А еще секундой позже Ваня заметил на темени кровососа небольшое отверстие. Такое же, как у слепой собаки, подстреленной Филиппычем во время последнего обхода сенсоров. Только белесого червя не хватало. Псих внезапно сцапал Ваню за рукав, отчего тот вздрогнул.
—Пойдем! Скорее! — процедил Псих сквозь зубы и потащил Сиверцева прочь, к тропе, а потом и по тропе, в прежнем направлении.
—Да иду я, иду, — пробормотал Ваня, придерживая рукой автомат и прилагая немало усилий, чтобы устоять на ногах — Псих тащил его железной рукой и довольно быстро. И беспрестанно твердил при этом:
—Скорее! Скорее!
Ограда бывшего НИИ «Агропром» была посолиднее, чем вокруг Свалки—не легкомысленная местами ржавая колючка, а монолитные бетонные плиты. Однако время и запустение коснулось и их: когда-то плотно пригнанные к массивным столбикам и выставленные по ниточке, теперь они где покосились, где накренились, где просели, где выщербились, а в нескольких местах и вовсе упали. Правда, упавших было совсем мало — большая часть сохранила вертикальное или близкое к вертикальному положение.

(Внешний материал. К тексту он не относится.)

//! Edits as commands: what the body of a request says, and the command that an edit with that body
//! is. A body that breaks a rule is no error: the first rule that it breaks stands in the command.
#![tactic(auto)]

mod body;
mod command;
mod keys;
mod words;

pub use body::{Body, Form, body_of};
pub use command::{command_of, draws};
pub use words::{Words, digits_of};
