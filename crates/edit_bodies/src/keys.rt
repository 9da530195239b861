//! Which keys stand in a body, whatever their values.
ghost use Rattle.std.specs.Prelude.{◌≡◌, IfOk, filter};
ghost use Rattle.serde_json.specs.Find.{get};
ghost use Rattle.serde_json.specs.View.{view, members_view};
ghost use Rattle.content_rows.specs.LiteralName.{is_name};
ghost use Rattle.json_keys.specs.Order.{names_of};
ghost use Rattle.row_json.specs.Cells.{name_if};
ghost use Rattle.edit_bodies.specs.Keys.{has, field_keys, node_keys, user_keys, node_type_in};

use cacheability::Name;
use content_rows::Items;
use json_keys::is_name;
use row_kinds::name_of;
use serde_json::{Map, Value};
use site_commands::{NodeKeys, UserKeys};
use std::alloc::{AllocError, Global};

/// Whether a key stands in an object, whatever its value.
pub(crate) fn has(value: &Value, key: &str) -> bool
    ensures { result ≡ has key.now (view value.now) }
{
    value.get(key).is_some()
}

/// The keys of a node that stand in an object.
pub(crate) fn node_keys(alloc: Global, value: &Value) -> Result<NodeKeys, AllocError>
    ensures { IfOk result (λ keys. keys ≡ node_keys (view value.now)) }
{
    Ok(NodeKeys {
        created: has(value, "created"),
        grants: has(value, "grants"),
        path: has(value, "path"),
        promote: has(value, "promote"),
        status: has(value, "status"),
        sticky: has(value, "sticky"),
        uid: has(value, "uid"),
        fields: field_keys(alloc, value)?,
    })
}

/// The keys of a user that stand in an object.
pub(crate) fn user_keys(value: &Value) -> UserKeys
    ensures { result ≡ user_keys (view value.now) }
{
    UserKeys {
        grants: has(value, "grants"),
        roles: has(value, "roles"),
    }
}

/// The keys inside `fields` that are machine names, in the order of their bytes.
fn field_keys(alloc: Global, value: &Value) -> Result<Items<Name>, AllocError>
    ensures { IfOk result (λ names. names ≡ field_keys (view value.now)) }
{
    match value.get("fields") {
        Some(Value::Object(members)) => Ok(machine_names(alloc, members)?),
        _ => Ok(Items::none(alloc)),
    }
}

/// The keys of an object that are machine names.
fn machine_names(alloc: Global, members: &Map<String, Value>) -> Result<Items<Name>, AllocError>
    ensures { IfOk result (λ names. names ≡ filter is_name (names_of (members_view members.now.entries))) }
{
    let mut names = Vec::new(alloc);
    'members: for (name, _) in members.iter() {
        if is_name(name.as_bytes()) {
            names.push(name_of(name.as_bytes()))?;
        }
    }
    Ok(Items::from_vec(names))
}

/// The machine name at `type`, where it is one.
pub(crate) fn node_type_in(value: &Value) -> Option<Name>
    ensures { result ≡ node_type_in (view value.now) }
{
    match value.get("type") {
        Some(Value::String(text)) => name_if(text.as_bytes()),
        _ => None,
    }
}

/// The machine name that a text is.
fn name_if(text: &[u8]) -> Option<Name>
    ensures { result ≡ name_if text.now }
{
    if is_name(text) {
        Some(name_of(text))
    } else {
        None
    }
}
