//! Words of chance.
ghost use Rattle.std.specs.Prelude.{◌≡◌, IsTrue};
ghost use Rattle.content_rows.specs.Kinds.{is_hex};
ghost use Rattle.edit_bodies.specs.Digits.{bytes_of, digits_of};

use cacheability::Name;
use row_kinds::name_of;

/// Two words of chance, of which a salt or a token is made.
#[derive(Clone, Copy, Debug, PartialEq, Eq)]
pub struct Words {
    /// The first that was drawn.
    pub first: u64,
    /// The second.
    pub second: u64,
}

/// The salt or the token of two words: the 16 lower-case hex digits of the first, and then those of
/// the second. It takes no memory.
pub fn digits_of(words: Words) -> Name
    ensures same { result ≡ digits_of words }
    ensures hex { IsTrue (is_hex 32 result) }
{
    name_of(&hex_of(words))
}

/// The hex digits of two words.
#[tactic(auto, using(crate::proofs::HexDigits::sixteen))]
fn hex_of(words: Words) -> [u8; 32]
    ensures { result ≡ digits_of words }
{
    let mut digits = [0u8; 32];
    if hex::encode_to_slice(&bytes_of(words)[..], &mut digits).is_err() {
        unreachable!();
    }
    digits
}

/// The bytes of two words, the highest of each first.
#[tactic(auto, unfolding(crate::specs::Digits::bytes_of))]
fn bytes_of(words: Words) -> [u8; 16]
    ensures { result ≡ bytes_of words }
{
    let [a, b, c, d, e, f, g, h] = words.first.to_be_bytes();
    let [i, j, k, l, m, n, o, p] = words.second.to_be_bytes();
    [a, b, c, d, e, f, g, h, i, j, k, l, m, n, o, p]
}
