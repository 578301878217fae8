//! The export trie of an image. (`mach-o/loader.h`: `LC_DYLD_EXPORTS_TRIE`, `dyld_info_command`)

ghost use Rattle.std.specs.Prelude.{◌≡◌, ◌≤◌, ◌<◌, None, length, IfSome};
ghost use Rattle.macho_fields.specs.Bytes.{bytes_of};
ghost use Rattle.macho_fields.specs.Layers.{NothingBreaks};
ghost use Rattle.macho_fields.specs.Rules.{BreaksImage};
ghost use Rattle.macho_spans.specs.Span.{end_of};
ghost use Rattle.macho_exports.specs.Exports.{export_table as export_table_of};
ghost use Rattle.macho_c.specs.ExportTrie.{IsTrie, IsTrieAnswer, IsWholeTrie};
ghost use Rattle.macho_rows.specs.Image.{image_in, ShowsUnbroken};

use crate::status::{NONE, OK};
use macho_exports::exports::export_table;
use macho_fields::Span;
use macho_rows::image::KesvuotImage;
use macho_rows::span::{Held, KesvuotSpan, NO_SPAN};

/// Writes where the export trie of an image lies in the file: the table that the linked profile judges. The
/// status is `OK`, or `NONE` if the image has none.
#[unsafe(no_mangle)]
pub extern "C" fn kesvuot_find_export_trie(
    file: &[u8],
    image: &KesvuotImage,
    trie: &mut KesvuotSpan,
) -> u32
    ensures answer { IsTrieAnswer (image_in file.now image.now) image.now.slice.offset result trie.new }
    ensures all { ShowsUnbroken file.now image.now
        → IsWholeTrie (image_in file.now image.now) image.now.slice.offset result trie.new }
{
    let held = image.held(file);
    match export_trie(&held) {
        Some(table) => {
            *trie = KesvuotSpan {
                offset: held.place + table.start,
                size: table.len,
            };
            OK
        }
        None => {
            *trie = NO_SPAN;
            NONE
        }
    }
}

// Where the export trie lies in an image. It is `None` if the image has none, if its headers break a rule, and
// if the trie ends past the image.
pub(crate) fn export_trie(image: &Held) -> Option<Span>
    ensures trie { IsTrie (bytes_of image.now.bytes) result }
    ensures inside { IfSome result (λ table. end_of table ≤ length (bytes_of image.now.bytes)) }
    ensures all { NothingBreaks (BreaksImage (bytes_of image.now.bytes) None)
        → result ≡ export_table_of (bytes_of image.now.bytes) }
{
    let table = export_table(&image.open()?)?;
    if image.bytes.contains(table) {
        Some(table)
    } else {
        None
    }
}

Здание института хорошо просматривалось, невзирая на множество деревьев, обросших после зимы новыми листиками, но была это не свежая зелень здорового леса или парка, а мелкие темно-зеленые листочки с зазубренными краями, жесткие, будто наждачная бумага. И такие же шершавые. Тиранешься — кожу до крови стешет, а одежду может и продырявить. Даже неопытный Ваня Сиверцев знал, что от деревьев нужно держаться подальше, потому что они и сами не подарок, да плюс в кронах обитало много неприятной мелочи.